A look through the eyes of elders may grant timeless wisdom, a family’s history, even a view of the world before technology ruled the day. A closer look could find that perspective forever altered, limited to tunnel vision as a result of eyesight loss associated with glaucoma. The No. 1 cause of preventable blindness, glaucoma affects three million people in the United States, and though all ages can exhibit some form of the disorder, age over 60 is one major risk factor. But research at the Bascom Palmer Eye Institute of the University of Miami School of Medicine is adding insights into this disease. From a molecular, basic science approach to global efforts in physician training, Bascom Palmer faculty members are providing glaucoma patients effective new treatments, proving that overcoming the disease is no longer an optical illusion. One of the senses perhaps most taken for granted by healthy human beings, eyesight is made possible by minute mechanisms in a tiny universe of molecular reactions. Imagine that each glance at a passerby or detached gaze at a computer monitor is a picture taken by a camera. There’s the lens, gathering light to focus the shot. The retina serves as transformer, converting images into electrical impulses, setting the photo on film. Finally, those impulses are sent into the darkroom of the brain for development and processing by the optic nerve, a miniscule group of cellular fibers paramount in the process of vision. Damage to the optic nerve is the telltale indicator of glaucoma.

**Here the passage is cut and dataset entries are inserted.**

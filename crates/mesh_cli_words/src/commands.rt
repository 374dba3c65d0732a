// Each command, as its words ask for it.
ghost use Rattle.std.specs.Prelude.{◌≡◌, codes, IfOk};
ghost use Rattle.std.specs.Option.{option_map};
ghost use Rattle.clap.specs.Walk.{rows_of};
ghost use Rattle.clap.specs.Matches.{found_of};
ghost use Rattle.mesh_cli_words.specs.declared.line.Command.TheVariants.{Invalidate};
ghost use Rattle.mesh_cli_words.specs.Lines.{apply_given, command_given, demo_given, evaluate_given, fetchdf_given, impact_given, ingest_given, invalidate_given, plan_given, run_given, trace_given};

use crate::given::{
    again_given, column_given, count_given, days_given, env_given, expiring_given, is_flagged,
    model_given, text_given, workers_given,
};
use crate::line::Command;
use clap::ArgMatches;
use mesh_base_values::{Str, same_text};
use mesh_list::Memory;
use std::alloc::Global;

fn plan_given(
    alloc: Global,
    m: &ArgMatches<'_>,
    moment: Option<i64>,
) -> Result<Option<Command>, Memory>
    ensures { IfOk result (λ made. made ≡ plan_given moment (rows_of (found_of m.now))) }
{
    let Some(workers) = workers_given(m) else {
        return Ok(None);
    };
    let Some(again) = again_given(alloc, m)? else {
        return Ok(None);
    };
    match env_given(alloc, m)? {
        None => Ok(None),
        Some(env) => Ok(Some(Command::Plan {
            env,
            auto_apply: is_flagged(m, "auto-apply"),
            workers,
            moment,
            again,
        })),
    }
}

fn apply_given(
    alloc: Global,
    m: &ArgMatches<'_>,
    moment: Option<i64>,
) -> Result<Option<Command>, Memory>
    ensures { IfOk result (λ made. made ≡ apply_given moment (rows_of (found_of m.now))) }
{
    let Some(workers) = workers_given(m) else {
        return Ok(None);
    };
    let Some(again) = again_given(alloc, m)? else {
        return Ok(None);
    };
    match env_given(alloc, m)? {
        None => Ok(None),
        Some(env) => Ok(Some(Command::Apply {
            env,
            workers,
            moment,
            again,
        })),
    }
}

fn run_given(
    alloc: Global,
    m: &ArgMatches<'_>,
    moment: Option<i64>,
) -> Result<Option<Command>, Memory>
    ensures { IfOk result (λ made. made ≡ run_given moment (rows_of (found_of m.now))) }
{
    let Some(workers) = workers_given(m) else {
        return Ok(None);
    };
    match env_given(alloc, m)? {
        None => Ok(None),
        Some(env) => Ok(Some(Command::Run {
            env,
            workers,
            moment,
        })),
    }
}

fn evaluate_given(alloc: Global, m: &ArgMatches<'_>) -> Result<Option<Command>, Memory>
    ensures { IfOk result (λ made. made ≡ evaluate_given (rows_of (found_of m.now))) }
{
    let Some((first, last)) = days_given(m) else {
        return Ok(None);
    };
    let Some(model) = model_given(alloc, m, "model")? else {
        return Ok(None);
    };
    match env_given(alloc, m)? {
        None => Ok(None),
        Some(env) => Ok(Some(Command::Evaluate {
            model,
            env,
            first,
            last,
        })),
    }
}

fn fetchdf_given(alloc: Global, m: &ArgMatches<'_>) -> Result<Option<Command>, Memory>
    ensures { IfOk result (λ made. made ≡ fetchdf_given (rows_of (found_of m.now))) }
{
    let Some(query) = text_given(alloc, m, "query")? else {
        return Ok(None);
    };
    match env_given(alloc, m)? {
        None => Ok(None),
        Some(env) => Ok(Some(Command::Fetchdf { query, env })),
    }
}

fn ingest_given(alloc: Global, m: &ArgMatches<'_>) -> Result<Option<Command>, Memory>
    ensures { IfOk result (λ made. made ≡ ingest_given (rows_of (found_of m.now))) }
{
    let Some(name) = model_given(alloc, m, "name")? else {
        return Ok(None);
    };
    match text_given(alloc, m, "file")? {
        None => Ok(None),
        Some(file) => Ok(Some(Command::Ingest {
            name,
            file,
            append: is_flagged(m, "append"),
        })),
    }
}

fn invalidated(env: Option<Str>) -> Option<Command>
    ensures { result ≡ option_map Invalidate env }
{
    match env {
        None => None,
        Some(env) => Some(Command::Invalidate { env }),
    }
}

/// Production stays, so it can't be named to be over.
fn invalidate_given(alloc: Global, m: &ArgMatches<'_>) -> Result<Option<Command>, Memory>
    ensures { IfOk result (λ made. made ≡ invalidate_given (rows_of (found_of m.now))) }
{
    let env = expiring_given(alloc, m)?;
    Ok(invalidated(env))
}

fn trace_given(alloc: Global, m: &ArgMatches<'_>) -> Result<Option<Command>, Memory>
    ensures { IfOk result (λ made. made ≡ trace_given (rows_of (found_of m.now))) }
{
    let Some(model) = model_given(alloc, m, "model")? else {
        return Ok(None);
    };
    match column_given(alloc, m)? {
        None => Ok(None),
        Some(column) => Ok(Some(Command::Trace { model, column })),
    }
}

fn impact_given(alloc: Global, m: &ArgMatches<'_>) -> Result<Option<Command>, Memory>
    ensures { IfOk result (λ made. made ≡ impact_given (rows_of (found_of m.now))) }
{
    let Some(name) = model_given(alloc, m, "name")? else {
        return Ok(None);
    };
    match column_given(alloc, m)? {
        None => Ok(None),
        Some(column) => Ok(Some(Command::Impact { name, column })),
    }
}

fn demo_given(m: &ArgMatches<'_>) -> Option<Command>
    ensures { result ≡ demo_given (rows_of (found_of m.now)) }
{
    let Some(workers) = workers_given(m) else {
        return None;
    };
    match count_given(m) {
        None => None,
        Some(n) => Some(Command::Demo { n, workers }),
    }
}

/// The command of a name, at a moment if one is given.
pub(crate) fn command_given(
    alloc: Global,
    moment: Option<i64>,
    name: &str,
    m: &ArgMatches<'_>,
) -> Result<Option<Command>, Memory>
    ensures { IfOk result (λ made. made ≡ command_given moment name.now (rows_of (found_of m.now))) }
{
    let name = name.as_bytes();
    if same_text(name, b"plan") {
        plan_given(alloc, m, moment)
    } else if same_text(name, b"apply") {
        apply_given(alloc, m, moment)
    } else if same_text(name, b"run") {
        run_given(alloc, m, moment)
    } else if same_text(name, b"evaluate") {
        evaluate_given(alloc, m)
    } else if same_text(name, b"fetchdf") {
        fetchdf_given(alloc, m)
    } else if same_text(name, b"ingest") {
        ingest_given(alloc, m)
    } else if same_text(name, b"janitor") {
        Ok(Some(Command::Janitor { moment }))
    } else if same_text(name, b"invalidate") {
        invalidate_given(alloc, m)
    } else if same_text(name, b"migrate") {
        Ok(Some(Command::Migrate))
    } else if same_text(name, b"trace") {
        trace_given(alloc, m)
    } else if same_text(name, b"impact") {
        impact_given(alloc, m)
    } else if same_text(name, b"batch") {
        Ok(Some(Command::Batch))
    } else if same_text(name, b"demo") {
        Ok(demo_given(m))
    } else {
        Ok(None)
    }
}
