// Copies of values, which are equal to them.
ghost use Rattle.std.specs.Prelude.{◌≡◌, IfOk, Ok};

use crate::memory::Memory;
use crate::seqs::Seq;
use std::alloc::Global;

/// What can be copied where there is memory.
pub trait Duplicate: Drop {
    fn copy(&self) -> Result<Self, Memory>
        ensures { IfOk result (λ made. made ≡ self.now) };

    /// Copies of several values.
    fn copy_items(alloc: Global, items: &[Self]) -> Result<Seq<Self>, Memory>
        ensures { IfOk result (λ made. made ≡ items.now) }
    {
        let mut made = Seq::new(alloc);
        for item in items {
            made.push(item.copy()?)?;
        }
        Ok(made)
    }
}

/// Copies of two values, with one answer for want of memory.
pub fn both<A: Duplicate, B: Duplicate>(a: &A, b: &B) -> Result<(A, B), Memory>
    ensures { IfOk result (λ made. made ≡ (a.now, b.now)) }
{
    let first = a.copy()?;
    let second = b.copy()?;
    Ok((first, second))
}

/// Two answers as one, which is want of memory where one of them is.
pub fn together<A: Drop, B: Drop>(
    a: Result<A, Memory>,
    b: Result<B, Memory>,
) -> Result<(A, B), Memory>
    ensures { IfOk result (λ made. (a ≡ Ok made.0) × (b ≡ Ok made.1)) }
{
    match (a, b) {
        (Ok(first), Ok(second)) => Ok((first, second)),
        _ => Err(Memory),
    }
}

impl Duplicate for u8 {
    fn copy(&self) -> Result<u8, Memory> {
        Ok(*self)
    }

    fn copy_items(alloc: Global, items: &[u8]) -> Result<Seq<u8>, Memory> {
        match Vec::from_slice(alloc, items) {
            Ok(made) => Ok(Seq::from_vec(made)),
            Err(_) => Err(Memory),
        }
    }
}

impl Duplicate for u32 {
    fn copy(&self) -> Result<u32, Memory> {
        Ok(*self)
    }
}

impl Duplicate for u64 {
    fn copy(&self) -> Result<u64, Memory> {
        Ok(*self)
    }
}

impl Duplicate for i64 {
    fn copy(&self) -> Result<i64, Memory> {
        Ok(*self)
    }
}

impl<T: Duplicate> Duplicate for Seq<T> {
    fn copy(&self) -> Result<Seq<T>, Memory> {
        T::copy_items(self.alloc(), self.as_slice())
    }
}

impl<T: Duplicate> Duplicate for Option<T> {
    fn copy(&self) -> Result<Option<T>, Memory> {
        match self {
            Some(value) => Ok(Some(value.copy()?)),
            None => Ok(None),
        }
    }
}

Such a tiny conglomeration of nerve fibers would seem vulnerable to any number of intercellular dangers, a wonder that eyesight functions as long as it does in most people. Among the research studies that seek to determine exactly which biological or environmental factors cause damage to the optic nerve, most findings lead back—at least in part—to one major antagonist: pressure. But the answer, it turns out, is not so simple.

“Thirty years ago, when I was taught what glaucoma was, it was described as a pressure in the eye that was above normal and harmed the optic nerve,” remembers Douglas Anderson, M.D., professor of ophthalmology. “But there are some people who can have high pressure in the eye, and nothing ever happens. And when you see harm to the optic nerve, but the pressure is in a normal range, what do you call that?”

A pioneer in glaucoma research, Anderson has pursued these questions throughout a highly productive career at Bascom Palmer. Within three years after specialty training, he was disproving assumptions widely held among ophthalmologists treating glaucoma. Indeed, pressure was a primary factor, his studies determined, but it was not the only factor.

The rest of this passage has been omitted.